Colonel George Montagu (1753-1815)

Miniature portrait of George Montagu: Image used with permission of the Linnean Society of London

Colonel George Montagu is one of the British naturalists who established the foundation of modern scientific study. He did this by assisting with the identification of British fauna. He was also among the earliest members of the Linnean Society. The Linnean Society is one of the world’s leading organisations for the study of taxonomy and natural history.

Colonel Montagu was born in Lackham, Wiltshire. At the age of 17 he joined the Army and fought with his regiment in North America. Later, when he left the Army, he was able to focus fully on scientific study.

Montagu’s wide-ranging biological interests included marine zoology and British mammals. He is best known for his passion for ornithology (birds). The common names of several animal species bear his name: Montagu’s blennyharrier, ray, sucker, and sea snail.

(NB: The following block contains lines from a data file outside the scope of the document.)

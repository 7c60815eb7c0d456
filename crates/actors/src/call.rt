//! What a host asks of an actor.

/// What a host asks of an actor. All but the last two are a node's; a moment comes to a
/// clearinghouse.
#[derive(Clone, Copy)]
pub enum Call {
    /// It carries out the ready frame that comes first: `NodeActor::work`.
    Work,
    /// It asks the clearinghouse for work: `NodeActor::ask_house`.
    AskHouse,
    /// It asks the worker of a start word for work: `NodeActor::ask`.
    Ask(u64),
    /// It sends again what isn't answered: `NodeActor::resend`.
    Resend,
    /// It leaves, to the worker of a start word: `NodeActor::depart`.
    Depart(u64),
    /// A moment comes: `HouseActor::tick`.
    Tick(u64),
    /// It shows something of itself.
    See(Seen),
}

/// What an actor shows of itself.
#[derive(Clone, Copy)]
pub enum Seen {
    /// A node: 0 joining, 1 a member, 2 leaving, 3 ended. A clearinghouse: 4 open, 5 stopped.
    State,
    /// A node: 1 where more than so many frames are ready, else 0.
    Ready(u64),
    /// A node: 1 where a request waits for its answer, else 0.
    Asked,
    /// A node: how many workers its roster lists.
    Members,
    /// A node: the start word of that worker of its roster where it is shown live, else 0.
    Member(u64),
    /// A clearinghouse: 0 no outcome yet, 1 a value, 2 too deep.
    Outcome,
    /// A clearinghouse: the value, 0 where there is none.
    Value,
    /// A node, of the frame that it carried out last by `Work`, each 0 where there was none: its
    /// grant's minter, and its number.
    Minter,
    Grant,
    /// The frame's number.
    Frame,
    /// In how many turns its task was evaluated whole; 0 where it took its own turn.
    Turns,
}

/// Numbers of calls, and of what is shown, as a host that has only numbers gives them.
const WORK: u32 = 1;

const ASK: u32 = 2;

const RESEND: u32 = 3;

const DEPART: u32 = 4;

const TICK: u32 = 5;

pub(crate) const END: u32 = 6;

const STATE: u32 = 16;

const READY: u32 = 17;

const ASKED: u32 = 18;

const MEMBERS: u32 = 19;

const MEMBER: u32 = 20;

const OUTCOME: u32 = 21;

const VALUE: u32 = 22;

const MINTER: u32 = 23;

const GRANT: u32 = 24;

const FRAME: u32 = 25;

const TURNS: u32 = 26;

impl Call {
    ghost use Rattle.std.specs.Prelude.{◌≡◌};
    ghost use Rattle.actors.specs.Numbers.{call_of};

    /// The call of a number, with another one that it takes; none where it is no call's. To ask the
    /// worker 0 is to ask the clearinghouse.
    pub fn of(what: u32, a: u64) -> Option<Call>
        ensures { result ≡ call_of what a }
    {
        match what {
            WORK => Some(Call::Work),
            ASK if a == 0 => Some(Call::AskHouse),
            ASK => Some(Call::Ask(a)),
            RESEND => Some(Call::Resend),
            DEPART => Some(Call::Depart(a)),
            TICK => Some(Call::Tick(a)),
            STATE => Some(Call::See(Seen::State)),
            READY => Some(Call::See(Seen::Ready(a))),
            ASKED => Some(Call::See(Seen::Asked)),
            MEMBERS => Some(Call::See(Seen::Members)),
            MEMBER => Some(Call::See(Seen::Member(a))),
            OUTCOME => Some(Call::See(Seen::Outcome)),
            VALUE => Some(Call::See(Seen::Value)),
            MINTER => Some(Call::See(Seen::Minter)),
            GRANT => Some(Call::See(Seen::Grant)),
            FRAME => Some(Call::See(Seen::Frame)),
            TURNS => Some(Call::See(Seen::Turns)),
            _ => None,
        }
    }
}
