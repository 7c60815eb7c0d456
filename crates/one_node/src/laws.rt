ghost use Rattle.std.specs.Prelude.{◌≡◌, ℕ};
ghost use Rattle.ids.specs.declared.outcome.Outcome.{Outcome};
ghost use Rattle.serial_meaning.specs.Job.{JobOf};
ghost use Rattle.one_node.specs.Outcomes.{IsRunEnd, IsShort};

/// A run that has ended takes no further turn: so it has one outcome, after one number of turns,
/// and a run that needs more turns than some hasn't ended within these. Does nothing.
pub fn runs_end_once()
    ensures outcome { (job : JobOf) (m n : ℕ) (o u : Outcome)
        → IsRunEnd job m o
        → IsRunEnd job n u
        → o ≡ u }
    ensures turns { (job : JobOf) (m n : ℕ) (o u : Outcome)
        → (a : IsRunEnd job m o)
        → (b : IsRunEnd job n u)
        → a.n ≡ b.n }
    ensures short { (job : JobOf) (turns : ℕ) (o : Outcome)
        → IsRunEnd job turns o
        → IsShort job turns
        → ⊥ }
{}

Montagu died in 1815 from lockjaw (tetanus) after stepping on a rusty nail.

Colonel George Montagu’s shells

One of Colonel George Montagu’s most important works was ‘Testacea Britannica: a Natural history of British shells, marine, land, and fresh-water, including the most minute: systematically arranged and embellished with figures’. This was published in 1803. Later he also published a supplement to the first volume. Montagu used his own collection of shells for the descriptions and illustrations.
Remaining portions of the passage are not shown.